For instance, in 1929, a dozen candidates were considered by a promotions committee to succeed then Attorney-General Michael Whitley.
Ten were attorneys- general from other British jurisdictions like Zanzibar, Cyprus and Hong Kong and two others were a legal adviser from Malta and a judge in the Straits Settlements.
The judge - F. G. Stevens - was regarded as the strongest candidate of the five local judicial officers shortlisted for the post "which needed the best man available without undue regard for the claims of seniority".
But the promotions committee chose Walter Huggard, who was then Attorney-General in Kenya, with no reasons given.
Consider also the choice made by Cecil Clementi, Governor of the Straits Settlements in the colonial Singapore of 1933, when he made a U-turn and opted for a locally-based Englishman after initially having made clear he wanted an outsider for the post that fell vacant.

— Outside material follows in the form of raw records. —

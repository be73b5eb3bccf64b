// From a job of family 6 or 7 to the grid's form of it: the shear (x, y + 3x), and then the heights that put the end lowest, so that the
// table is small.
ghost use Rattle.std.specs.Prelude.{◌≡◌, true, Some};
ghost use Rattle.howmany.specs.Choose.{pick};
ghost use Rattle.rules.specs.Blocks.{paired, fenced};
ghost use Rattle.job.specs.Stands.{family_number};
ghost use Rattle.tables.specs.Form.{fence_of};
ghost use Rattle.tables.specs.Shapes.{Owned, Ranged, Fenced, ShapedFor, Gentle, Lowered, View, Chosen};

use crate::heights::{height, heights, highest, lowest, wall};
use job::{Family, Job};
use tables::{Shape, Wall};

// The job's own heights; f is its fence. An end below -3n can't be reached. The loop has eight turns whatever k is: so the compiler
// unrolls it and keeps the steps in registers, where as bytes written and read back they would wait for each other.
fn own_shape(job: Job, f: Wall) -> Option<Shape>
    requires { Ranged job }
    ensures { Owned job f result }
{
    let n = usize::from(job.n);
    let up = usize::from(job.m) + 3 * n;
    let ey = up.checked_sub(Job::GROUND)?;
    let k = usize::from(job.k);
    let a = job.a;
    let b = job.b;
    let mut sa = [100usize; Job::STEPS];
    let mut sc = [0usize; Job::STEPS];
    for i in 0..Job::STEPS {
        if i < k {
            let x = usize::from(a[i]);
            sa[i] = x;
            sc[i] = usize::from(b[i]) + 3 * x - Job::GROUND;
        }
    }
    Some(Shape {
        k,
        wall: f,
        top: 12,
        ex: n,
        ey,
        sa,
        sc,
    })
}

// The shape s slid down by d a column, or mirrored at the slope d.
fn seen(mut s: Shape, mirrored: bool, d: usize) -> Shape
    requires { View mirrored d s }
    ensures { Lowered s (Some result) }
{
    let level = d * s.ex;
    s.sc = heights(&s, mirrored, d);
    s.wall = wall(mirrored, s.wall, d);
    s.ey = height(mirrored, s.ey, level);
    s
}

// The shape s with its end as low as it can be: above the least steep step, or below the steepest. None where nothing leads to the end.
fn lowered(s: Shape) -> Option<Shape>
    requires { Gentle s }
    ensures { Lowered s result }
{
    let y = s.ey;
    let low = lowest(&s);
    let high = highest(&s);
    let floor = low * s.ex;
    let ceiling = high * s.ex;
    if y < floor {
        return None;
    }
    if ceiling < y {
        return None;
    }
    if ceiling - y < y - floor {
        return Some(seen(s, true, high));
    }
    Some(seen(s, false, low))
}

// The shape of a job; f is its fence.
fn directed_shape(job: Job, f: Wall) -> Option<Shape>
    requires { Ranged job × Fenced f }
    ensures { Chosen job f result }
{
    lowered(own_shape(job, f)?)
}

// Family 7 stays at y ≥ 0, which is the slope 3 in the job's own heights; family 6 has no fence.
fn fence_of(family: Family) -> Wall
    ensures { result ≡ fence_of (pick (fenced (family_number family)) 3 0) 0 }
{
    let slope = if family == Family::Fenced { 3 } else { 0 };
    Wall {
        roof: false,
        slope,
        start: 0,
    }
}

// A job of family 6 or 7 in the grid's form; none where nothing leads to its end.
pub(crate) fn shape_of(job: Job) -> Option<Shape>
    requires { Ranged job × (paired (family_number job.family) ≡ true) }
    ensures { ShapedFor job result }
{
    let fence = fence_of(job.family);
    directed_shape(job, fence)
}
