// A column of the table summed without a test. Cell (x, y) stands at (x + 1) * stride + deep + y: below each column deep zeros, before all a column of zeros.
ghost use Rattle.std.specs.Prelude.{◌≡◌, true, ℕ, ◌+◌, ◌^◌, ◌≤◌, ◌<◌, length, get_or};
ghost use Rattle.howmany.specs.Sum.{sum};
ghost use Rattle.tables.specs.Cells.{source_of, Run, Column};

use crate::plan::Grid;

pub(crate) fn source(g: &Grid, i: usize, x: usize, p: usize) -> usize
    requires i_bound { i < 8 }
    requires i_bound_2 { get_or g.now.sa i 0 ≤ x → get_or g.now.off i 0 ≤ p }
    ensures { result ≡ source_of g.now.sa g.now.off x p i }
{
    if x < g.sa[i] { 0 } else { p - g.off[i] }
}

// Where each of the first K steps finds what it brings to cell p of column x.
fn sources<const K: usize>(g: &Grid, x: usize, p: usize) -> [usize; K]
    requires few { K ≤ 8 }
    requires back { (i : ℕ) → i < K → get_or g.now.sa i 0 ≤ x → get_or g.now.off i 0 ≤ p }
    ensures { (i : ℕ) → i < K → get_or result i 0 ≡ source_of g.now.sa g.now.off x p i }
{
    let mut from = [0usize; K];
    for i in 0..K {
        from[i] = source(g, i, x, p);
    }
    from
}

// The sum of the cells i past those.
fn sum_past<const K: usize>(val: &[u64], from: &[usize; K], i: usize) -> u64
    requires inside { (j : ℕ) → j < K → get_or from.now j 0 + i < length val.now }
    requires fits { sum (λ j. get_or val.now (get_or from.now j 0 + i) 0) K < 2 ^ 64 }
    ensures { result ≡ sum (λ j. get_or val.now (get_or from.now j 0 + i) 0) K }
{
    let mut acc: u64 = 0;
    for j in 0..K {
        acc += val[from[j] + i];
    }
    acc
}

// Cells d to d + n, column x: each the sum of what the first K steps bring.
pub(crate) fn column<const K: usize>(val: &mut [u64], g: &Grid, x: usize, d: usize, n: usize)
    requires { (K ≤ 8) × Run K val.old g.now.sa g.now.off x d n }
    ensures { Column K val.old val.new g.now.sa g.now.off x d n }
{
    let from = sources::<K>(g, x, d);
    for i in 0..n {
        val[d + i] = sum_past::<K>(val, &from, i);
    }
}

// Whether no cell from d to d + n is above 2^61 - 1: the bits above are summed, which needs no comparison a cell.
pub(crate) fn is_small(val: &[u64], d: usize, n: usize) -> bool
    requires { d + n ≤ length val.now }
    ensures { result ≡ true → (i : ℕ) → i < n → get_or val.now (d + i) 0 ≤ 2305843009213693951 }
{
    let mut above: u64 = 0;
    for i in 0..n {
        above += val[d + i] / 2305843009213693952;
    }
    above == 0
}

The promotions committee demurred to his choice despite other preferences, in the interest of not making the issue more controversial.
Not all Attorney-General appointments drew excitement in that era, such as the case where, faced with two candidates shortlisted to fill a vacant post, a member of the selection committee settled for one but not without adding the rejoinder, "neither of them being first rate", according to records at London's National Archives.
No one here expects the system to evolve to the type in the United States where congressional hearings are staged to grill prospective candidates.
But more details on the selection process might educate the public on the role of an attorney-general, the challenges faced in drawing up a shortlist and enable better appreciation of the Government's efforts in landing the best man for the job.
Also, what makes for a good attorney-general, in terms of attributes and background, is open to discourse and debate.
"It is easier to decide who is the ablest than to predict who has the character to measure up to the job," said founding prime minister Lee Kuan Yew in his memoirs when writing about a suitable choice for the post of chief justice. Ditto for the role of attorney-general.
In a way and with respect, that the recent debate in Parliament focused and ended solely on the age eligibility issue was an opportunity lost - an opportunity to inform and educate the public on the care and consideration that go into the making of an attorney-general.